Comemoramos hoje a Revolução de Abril. Uns olham-na com nostalgia, com vontade de regressar aos tempos em que os ideais de Abril eram gritados vinte e quatro goras por dia; outros, com uma dúvida profunda sobre se terá valido a pena, sentindo que os tempos de hoje envergonham tudo por que tantos lutaram na clandestinidade. Pois, não deve ser olhada nem de uma maneira nem de outra. Os movimentos e as revoluções têm o seu tempo próprio e as motivações próprias que os fazem evoluir até à sua concretização. O fundamental, em 1974, era libertar o país do jugo de um ditador que tratava Portugal como uma enorme herdade, onde todos tinham de pensar pela cabeça do Capataz, sem liberdade de movimentos, de expressão e de vontade.
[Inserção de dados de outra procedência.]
// One piece of a trace, without the reading and the writing: its records, its answer, and the sample that
// the next piece begins with.
ghost use Rattle.std.specs.Prelude.{◌≡◌, ◌*◌, ◌^◌, ◌<◌, ◌≤◌, length, take};
ghost use Rattle.std.specs.Result.{result_unwrap_or};
ghost use Rattle.trace.specs.Answers.{answer_of, buffer_after, no_edges};
ghost use Rattle.run_trace.specs.Samples.{last_sample};
ghost use Rattle.run_trace.specs.Pieces.{carried, piece_floats, last_after, bytes_for, written_of};

use answer::Refusal;
use plane::Point;
use trace::{Chart, Counts};

#[derive(Clone, Copy)]
pub struct Piece {
    pub answer: Result<Counts, Refusal>,
    pub last: Option<Point>,
}

impl Piece {
    // The counts of its edges, zeros beside a refusal.
    pub(crate) fn counts(self) -> Counts
        ensures { result ≡ result_unwrap_or self.answer no_edges }
    {
        self.answer.unwrap_or_default()
    }
}

// The samples in bytes, up to 4,095; the first edge is from the sample before them, where one is carried
// over.
pub(crate) fn cut_piece(
    chart: Chart,
    before: Option<Point>,
    bytes: &[u8],
    records: &mut [u8],
) -> Piece
    requires { length bytes.now ≤ 65520 }
    ensures answer { result.answer ≡ answer_of chart.touches (piece_floats before bytes.now) chart.window (length records.old) }
    ensures bytes { records.new ≡ buffer_after chart.touches records.old (piece_floats before bytes.now) chart.window chart.whose }
    ensures last { result.last ≡ last_after before bytes.now }
    ensures room { (result_unwrap_or result.answer no_edges).edges * 40 ≤ length records.old }
{
    let mut floats = [0.0f64; 8192];
    let from = put_carried(before, &mut floats);
    let n = reading::put_samples(bytes, &mut floats, from);
    Piece {
        answer: chart.cut(&floats[..n], records),
        last: last_sample(&floats[..n]),
    }
}

// The counts of the edges of a piece whose records were written whole, where so many bytes of the records
// were: those of the samples which these edges join.
#[tactic(auto, using(float::proofs::Choice::branches, float::proofs::Choice::asks))]
pub(crate) fn written(
    chart: Chart,
    all: Counts,
    taken: usize,
    before: Option<Point>,
    bytes: &[u8],
    records: &mut [u8],
) -> Counts
    requires { length bytes.now ≤ 65520 }
    ensures { result ≡ written_of chart.touches all taken before bytes.now chart.window (length records.old) }
{
    let edges = taken / 40;
    if all.edges <= edges {
        return all;
    }
    let n = bytes_for(before, edges).min(bytes.len());
    cut_piece(chart, before, &bytes[..n], records).counts()
}

// A sample for each edge, and one more where none is carried over.
#[tactic(auto, unfolding(crate::specs::Pieces::bytes_for))]
fn bytes_for(before: Option<Point>, edges: usize) -> usize
    requires { edges * 40 < 2 ^ 64 }
    ensures { result ≡ bytes_for before edges }
{
    match before {
        Some(_) => 16 * edges,
        None => 16 * edges + 16,
    }
}

// Puts the sample that is carried over to the front of the floats; how many places it takes.
#[tactic(auto, using(crate::proofs::Cutting::take_two))]
fn put_carried(before: Option<Point>, floats: &mut [f64]) -> usize
    requires { 2 ≤ length floats.old }
    ensures floats { take result floats.new ≡ carried before }
    ensures few { result ≤ 2 }
    ensures long { length floats.new ≡ length floats.old }
{
    let Some(sample) = before else {
        return 0;
    };
    floats[0] = sample.x;
    floats[1] = sample.y;
    2
}

// The last sample, if there is one.
#[tactic(auto, using(crate::proofs::Cutting::last_none, crate::proofs::Cutting::last_is))]
fn last_sample(floats: &[f64]) -> Option<Point>
    ensures { result ≡ last_sample floats.now }
{
    match floats {
        [.., x, y] => Some(Point { x: *x, y: *y }),
        _ => None,
    }
}
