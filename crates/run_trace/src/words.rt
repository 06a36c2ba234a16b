// The words that the program may be started with.
ghost use Rattle.std.specs.Prelude.{◌≡◌};
ghost use Rattle.run_trace.specs.Words.{number_in, word_of, of_one, of_two};

// What a word is. Any other word is a kind of its own, and no None: that is where there is no word.
#[derive(Clone, Copy)]
pub enum Word {
    // A trace number.
    Number(u32),
    // The word `touches`.
    Touches,
    Other,
}

// What the words ask for: the records of this trace, with the edges that only touch the window or without them.
#[derive(Clone, Copy)]
pub struct Asked {
    pub whose: u32,
    pub touches: bool,
}

// The greatest trace number has as many digits.
const DIGITS: usize = 10;

pub fn word_of(word: &[u8]) -> Word
    ensures { result ≡ word_of word.now }
{
    if word == &b"touches"[..] {
        Word::Touches
    } else {
        number_in(word)
    }
}

// What one word asks for, where there is such a thing.
#[tactic(auto, unfolding(crate::specs::Words::of_one))]
pub fn of_one(word: Word) -> Option<Asked>
    ensures { result ≡ of_one word }
{
    match word {
        Word::Number(whose) => Some(Asked {
            whose,
            touches: false,
        }),
        Word::Touches => Some(Asked {
            whose: 0,
            touches: true,
        }),
        Word::Other => None,
    }
}

// What two words ask for, whichever is first.
#[tactic(auto, unfolding(crate::specs::Words::of_two))]
pub fn of_two(word: Word, other: Word) -> Option<Asked>
    ensures { result ≡ of_two word other }
{
    match (word, other) {
        (Word::Number(whose), Word::Touches) | (Word::Touches, Word::Number(whose)) => {
            Some(Asked {
                whose,
                touches: true,
            })
        }
        _ => None,
    }
}

// A trace number in decimal: one to ten digits, at most 4294967295. std's `parse` would take a sign, and more zeros.
fn number_in(word: &[u8]) -> Word
    ensures { result ≡ number_in word.now }
{
    if word.is_empty() || DIGITS < word.len() {
        return Word::Other;
    }
    let mut n: u64 = 0;
    for &digit in word {
        if !digit.is_ascii_digit() {
            return Word::Other;
        }
        n = n * 10 + u64::from(digit - b'0');
    }
    match u32::try_from(n) {
        Ok(whose) => Word::Number(whose),
        Err(_) => Word::Other,
    }
}
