//! The header and the records of a stream of losses.
//! The rules: docs/STREAMS.md, "Records".
ghost use Rattle.std.specs.Prelude.{◌++◌, ◌≡◌, OnErr, OnOk};
ghost use Rattle.kt_losses.specs.Tables.{losses_heading};
ghost use Rattle.kt_stream.specs.Header.{IsHead};
ghost use Rattle.kt_stream.specs.declared.kind.StreamKind.TheVariants.{Gul};

use kt_money::Bytes;
use kt_stream::{Head, StreamKind, put_head};
use std::alloc::AllocError;

/// Appends the header of a stream of losses with the samples of another. An error is want of memory, and nothing is appended then.
pub(crate) fn put_heading(head: Head, out: &mut Bytes) -> Result<(), AllocError>
    requires { IsHead Gul head }
    ensures ok { OnOk result (out.new ≡ out.old ++ losses_heading head) }

    ensures unchanged { OnErr result (out.new ≡ out.old) }
{
    let head = Head {
        samples: head.samples,
        set: 0,
    };
    put_head(out, StreamKind::Loss, head)
}
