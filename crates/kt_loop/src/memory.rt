//! Memory that is kept from run to run.
//! The rule: docs/LIMITS.md, "Memory that is kept".

use std::alloc::Global;

/// Somewhat less than 32 MiB: of no greater block does the C library's allocator learn how much it is to keep.
const RUN_MEMORY: usize = 33_000_000;

/// Takes a block of memory and gives it back, without a byte of it being used. The C library's allocator would give the memory of each
/// run or event back to the system and ask for it anew, a page at a time; from then on it keeps up to twice as much as the block.
/// Nothing else depends on it, so it may fail.
pub fn keep_memory(alloc: Global) {
    let _ = Vec::<u8>::with_capacity(alloc, RUN_MEMORY);
}
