//! The block in which the source is read.
//! The rule: docs/STREAMS.md, "Tools over streams".
ghost use Rattle.std.specs.Prelude.{◌≡◌, ◌+◌, ◌≤◌, length, take, OnOk, IfOk};

use std::alloc::{AllocError, Global};

/// The bytes that one read asks for at the least.
pub const BLOCK: usize = 65_536;

/// A block of so many zeros. An error is want of memory.
pub fn zeros(alloc: Global, size: usize) -> Result<Vec<u8>, AllocError>
    ensures { IfOk result (λ block. length block.items ≡ size) }
{
    let mut block = Vec::new(alloc);
    block.resize(size, 0)?;
    Ok(block)
}

/// Copies bytes over the front of a block.
fn put_front(block: &mut [u8], bytes: &[u8])
    requires { length bytes.now ≤ length block.old }
    ensures { take (length bytes.now) block.new ≡ bytes.now }
{
    block[..bytes.len()].copy_from_slice(bytes);
}

/// Makes a block begin with some bytes, and have room behind them. An error is want of memory; nothing is said of the
/// block then.
pub fn begin_block(block: &mut Vec<u8>, bytes: &[u8]) -> Result<(), AllocError>
    ensures front { OnOk result (take (length bytes.now) block.new.items ≡ bytes.now) }
    ensures room { OnOk result (length bytes.now + 65536 ≤ length block.new.items) }
{
    let size = bytes.len() + BLOCK;
    if block.len() < size {
        block.resize(size, 0)?;
    }
    put_front(block.as_mut_slice(), bytes);
    Ok(())
}
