//! The stage over losses: judges each record, and hands each closed run to its tool.
//! The rules: docs/STREAMS.md, "Tools over losses".
ghost use Rattle.std.specs.Prelude.{◌≡◌, ℕ, nat_eq, true};
ghost use Rattle.kt_ends.specs.Ending.{StreamToolEnds};
ghost use Rattle.kt_loop.specs.Running.{stream_uses};
ghost use Rattle.kt_losses.specs.Judged.{judged_outcome, losses_kind};
ghost use Rattle.kt_losses.specs.Standing.{IsCheckStop};

use crate::known::{KnownId, is_among, known_ids};
use crate::table::LossTool;
use kt_checks::CheckStop;
use kt_ends::{Refusal, ToolStop};
use kt_index::ByKey;
use kt_load::file_name;
use kt_loop::laws::runs_give_their_text;
use kt_loop::{RunStage, keep_memory, run_by_run};
use kt_money::Bytes;
use kt_out::{Sink, Source};
use kt_runs::{add_to_run, clear_run, no_run_sums};
use kt_stream::{Head, LossReader, LossRecord, Placed, StreamKind};
use kt_tables::Portfolio;
use std::alloc::Global;

/// The place of the id in a record, in bytes.
pub(crate) const ID_PLACE: u64 = 4;

/// The kind of the stream.
pub(crate) fn losses_kind(items: bool) -> StreamKind
    ensures { result ≡ losses_kind items }
{
    if items {
        StreamKind::Gul
    } else {
        StreamKind::Loss
    }
}

/// The stop for tables that a check refuses.
pub(crate) fn check_stop(alloc: Global, stop: CheckStop) -> ToolStop
    ensures { IsCheckStop stop result }
{
    match stop {
        CheckStop::Check { number, table, row } => match file_name(alloc, table) {
            Ok(name) => ToolStop::Refused(Refusal::Check { number, name, row }),
            Err(_) => ToolStop::NoMemory,
        },
        CheckStop::OutOfMemory => ToolStop::NoMemory,
    }
}

/// A tool over the losses of a portfolio, with the sums of the run that is open.
#[derive(Drop)]
struct JudgedLosses<'a, T> {
    alloc: Global,
    portfolio: &'a Portfolio,
    ids: &'a ByKey<KnownId>,
    sums: Vec<u64>,
    tool: T,
}

impl<'a, T: LossTool> RunStage<LossRecord, ()> for JudgedLosses<'a, T> {
    ghost use Rattle.std.specs.Prelude.{◌≡◌, ℕ};
    ghost use Rattle.kt_losses.specs.Judged.{is_known, judged_runs, losses_kind};
    ghost use Rattle.kt_losses.specs.Known.{has_id};
    ghost use Rattle.kt_losses.specs.Standing.{AreKnown, HoldsSums};
    ghost use Rattle.kt_stream.specs.Losses.{loss_shape};
    ghost use Rattle.kt_tables.specs.Portfolio.{PortfolioRows};

    ghost Kept = { T × PortfolioRows };

    ghost runs = { judged_runs T.table };

    ghost is_at = { λ made stage _. (stage.tool ≡ made.0) × (stage.portfolio.now ≡ made.1) };

    ghost is_ready = { λ header run stage _. HoldsSums header run stage.sums.items × (((id : ℕ) → has_id stage.ids.now id ≡ is_known (T.table stage.tool).items stage.portfolio.now.rows id) × (T.serves stage.portfolio.now stage.tool × AreKnown (T.table stage.tool).items stage.portfolio.now.rows run)) };

    ghost shape = { λ stage. loss_shape (losses_kind (T.table stage.tool).items) };

    ghost inputs = { λ others _. others };

    fn open(&mut self, _beside: &mut (), head: Head, out: &mut Bytes) -> Result<(), ToolStop> {
        if let Err(stop) = self.portfolio.samples_fit(head.samples) {
            return Err(check_stop(self.alloc, stop));
        }
        self.sums = no_run_sums(self.alloc, head.samples)?;
        self.tool.put_heading(head, out)?;
        Ok(())
    }

    fn judge(
        &mut self,
        _beside: &mut (),
        head: Head,
        _run: &[Placed<LossRecord>],
        placed: &Placed<LossRecord>,
    ) -> Result<(), ToolStop> {
        if !is_among(self.ids, placed.entry.id) {
            let byte = placed.at + ID_PLACE;
            return Err(ToolStop::Refused(Refusal::UnknownId { byte }));
        }
        if !add_to_run(&mut self.sums, head.samples, &placed.entry) {
            let byte = placed.at;
            return Err(ToolStop::Refused(Refusal::LossSum { byte }));
        }
        Ok(())
    }

    fn close(
        &mut self,
        _beside: &mut (),
        head: Head,
        run: &[Placed<LossRecord>],
        out: &mut Bytes,
    ) -> Result<(), ToolStop> {
        self.tool.put_run(self.portfolio, head, run, out)?;
        clear_run(&mut self.sums, head.samples);
        Ok(())
    }
}

/// Reads a stream of losses and writes what a tool makes of it by a portfolio: what stands at the header, and then what each
/// closed run gives. At the header the checks by the stream's number of samples come first. A record is refused whose id is none
/// of an item, or of an output, or that takes the losses of a sidx in its run past 10^16 cents.
pub(crate) fn write_losses<T: LossTool + Drop, S: Source, K: Sink>(
    alloc: Global,
    portfolio: &Portfolio,
    tool: T,
    source: &mut S,
    sink: &mut K,
) -> Result<(), ToolStop>
    requires { T.serves portfolio.now tool }
    ensures { StreamToolEnds (stream_uses true) (λ _ bytes. judged_outcome (T.table tool) portfolio.now bytes) (S.state source.old) (S.state source.new) (K.state sink.old) (K.state sink.new) result }
{
    runs_give_their_text::<Head, LossRecord, (T, Portfolio)>();
    keep_memory(alloc);
    let ids = match known_ids(alloc, tool.of_items(), portfolio.tables()) {
        Ok(ids) => ids,
        Err(_) => return Err(ToolStop::NoMemory),
    };
    let mut reader = LossReader::new(alloc, losses_kind(tool.of_items()));
    let stage = JudgedLosses {
        alloc,
        portfolio,
        ids: &ids,
        sums: Vec::new(alloc),
        tool,
    };
    run_by_run(alloc, &mut reader, stage, &mut (), source, sink)
}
Todos os anos comemoro Abril, contando aos meus filhos o terror com que muitos portugueses viviam antes dessa data. E acabo sempre por falar de montemorenses presos em Caxias ou no Forte de Peniche, porque queriam um país onde todos tivessem trabalho, comida, uma casa decente e liberdade de opinião sobre a sua própria vida e a vida dos seus filhos, sobre o país e os seus governantes. É inevitável, pois, recordar o António Gervásio, o Manuel João Laibaças (tio do meu sogro) e o meu amigo João do Machado, com quem já tive o prazer de conversar várias vezes sobre os seus ideais e a sua luta política. Sabemos que, para os nossos filhos e para os que nasceram em liberdade, não é possível entender a profundidade da diferença entre o ontem e o hoje.
O ontem era a mordaça e o Tarrafal. Hoje podemos não gostar do Governo, criticar José Sócrates e os seus amigos, mas terror, esse substantivo que encerra o mais indescritível sentimento que podemos ter, terror não há. E quando reclamamos por melhores condições na Educação, na Saúde, quando exigimos mais emprego, mais justiça social e a condenação dos corruptos e dos criminosos, independentemente da cor do seu colarinho, nenhum de nós vai preso por causa disso. E essa continua a ser, ainda, a maior conquista de Abril.